Joe Landsberger, Information Resources and Technologies, has revised and reformatted the Study Guides Web site. It now includes menu categories of "learning with others" (collaborative learning, conflict management, tutoring, peer mediation) and "project skills" (research, organization and presentation). With a grant from Sung Kyun Kwan University, the oldest university in the Koreas, Dr. Jung-Mo Lee and his staff translated guides to the Korean section. Professor Daniel H.P. Borocci of Rio Negro, Argentina, translated and contributed 15 guides to the Spanish section. Dr. Richard Rashio, UST Department of Modern and Classical Languages, reviewed the Spanish section for grammar and usage. Marta Kotonova, a St. Thomas undergraduate from the Czech Republic, translated and contributed 15 guides to the Czech section. Christophe Touzelet, UST undergraduate student from France, reviewed the French section for grammar and usage. Dr. Larry Spence of Pennsylvania Sate University, contributed the manual, "Problem-Based Learning: Lead to Learn, Learn to Lead," to the Web site without reproduction restrictions and is collaborating on the development of PSU's summary guide for the Web site. Spence led the summer 2002 St. Thomas seminar on problem-based learning.
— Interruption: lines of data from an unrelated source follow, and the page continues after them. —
ghost use Rattle.std.specs.Prelude.{◌≡◌, ◌*◌, ◌^◌, ◌<◌, ◌≤◌, MatchOption};
ghost use Rattle.tree_units.specs.Constants.{decimal_quotient};
ghost use Rattle.unit_core.specs.Ratio.{ratio};
ghost use Rattle.unit_core.specs.Results.{map_ok};

use design_lexer::Number;
use unit_core::{Fraction, FractionFault};

/// The greatest power of ten that 128 bits hold.
const MAX_TENS: u8 = 38;

/// The quotient of two decimal numbers, in lowest terms.
///
/// `Zero` where the second number is zero, otherwise `Range` where it's no fraction in range.
pub(crate) fn decimal_quotient(over: Number, under: Number) -> Result<Fraction, FractionFault>
    ensures { map_ok ratio result ≡ decimal_quotient over under }
{
    if under.digits == 0 {
        return Err(FractionFault::Zero);
    }
    if over.digits == 0 {
        return Fraction::new(0, 1);
    }
    // The decimals of each number count for the other one, and those of both cancel.
    let shared = over.decimals.min(under.decimals);
    let Some(upper) = times_tens(over.digits, under.decimals - shared) else {
        return Err(FractionFault::Range);
    };
    let Some(lower) = times_tens(under.digits, over.decimals - shared) else {
        return Err(FractionFault::Range);
    };
    Fraction::of_products(upper.0, upper.1, lower.0, lower.1)
}

/// Two factors whose product is the number times ten to the `n`, or `None` where this is too great.
///
/// What is too great gives no fraction in range, whichever number of 128 bits it's divided by, or divides.
fn times_tens(number: u128, n: u8) -> Option<(u128, u128)>
    requires positive { 0 < number }
    ensures { MatchOption result ((38 < n) × (2 ^ 128 * 10 ^ 38 ≤ number * 10 ^ n)) (λ pair. pair.0 * pair.1 ≡ number * 10 ^ n) }
{
    let low = n.min(MAX_TENS);
    let high = 10u128.checked_pow((n - low) as u32)?;
    let first = number.checked_mul(high)?;
    Some((first, 10u128.pow(low as u32)))
}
MERLOT, a free and open resource designed primarily for faculty and students in higher education, rated the Study Guides Web site 4.33 out of a possible score of 5. Selected guides have been adapted for print publication in "Focus on Florida: Writing Paragraphs and Essays" (Houghton Mifflin Co.); the National Council of Teachers of English; the U.S. Bureau of the Census' Census Corporate University student handbook; the Oklahoma Society of CPAs student newsletter; Teen Graffiti magazine, and the Harvard Graduate School of Education for incoming international students.
Landsberger was a featured speaker on electronic learning resources in the development of the federally funded Commonwealth Center for Instructional Technology and Learning for the University of Kentucky's Department of Special Education and Rehabilitation Counseling.
He also has received $8,000 in grants from the City of Dt. Paul's Cultural STAR program, Riverfront Development Corp and the Abraham and Lillian Rosenberg Foundation to further develop the North HighBridge Park in St. Paul. One project will be the installation of the baptisimal gate of St. Stanislaus Catho
lic Church as the park's first historic and cultural artifact, with a design by West Side artist Craig David. Since the church has burned and been rebuilt several times, the gate's origin is being researched. The neighborhood project seeks to raise $20,000 to complete its three phases.
Dr. Richard Raschio, Modern and Classical Languages Department, attended the annual conference of the National Society of Experiential Education Oct. 2-5 in Las Vegas. He also was a member of a panel of parents of students at eh Adams Spanish Immersion School in St. Paul; discussants presented their concerns about the changing demographis in the student population that has necessitated a need to re-evaluate the initial philosophy of one-way immersion and the extra burden placed on thee school to accommodate the learning needs of non-English-speaking students.
Dr. Susan Smith-Cunnien, Sociology Department, completed her term as past president and was elected treasurer of Sociologists of Minnesota at its annual meeting Oct. 3-4 in St. Cloud.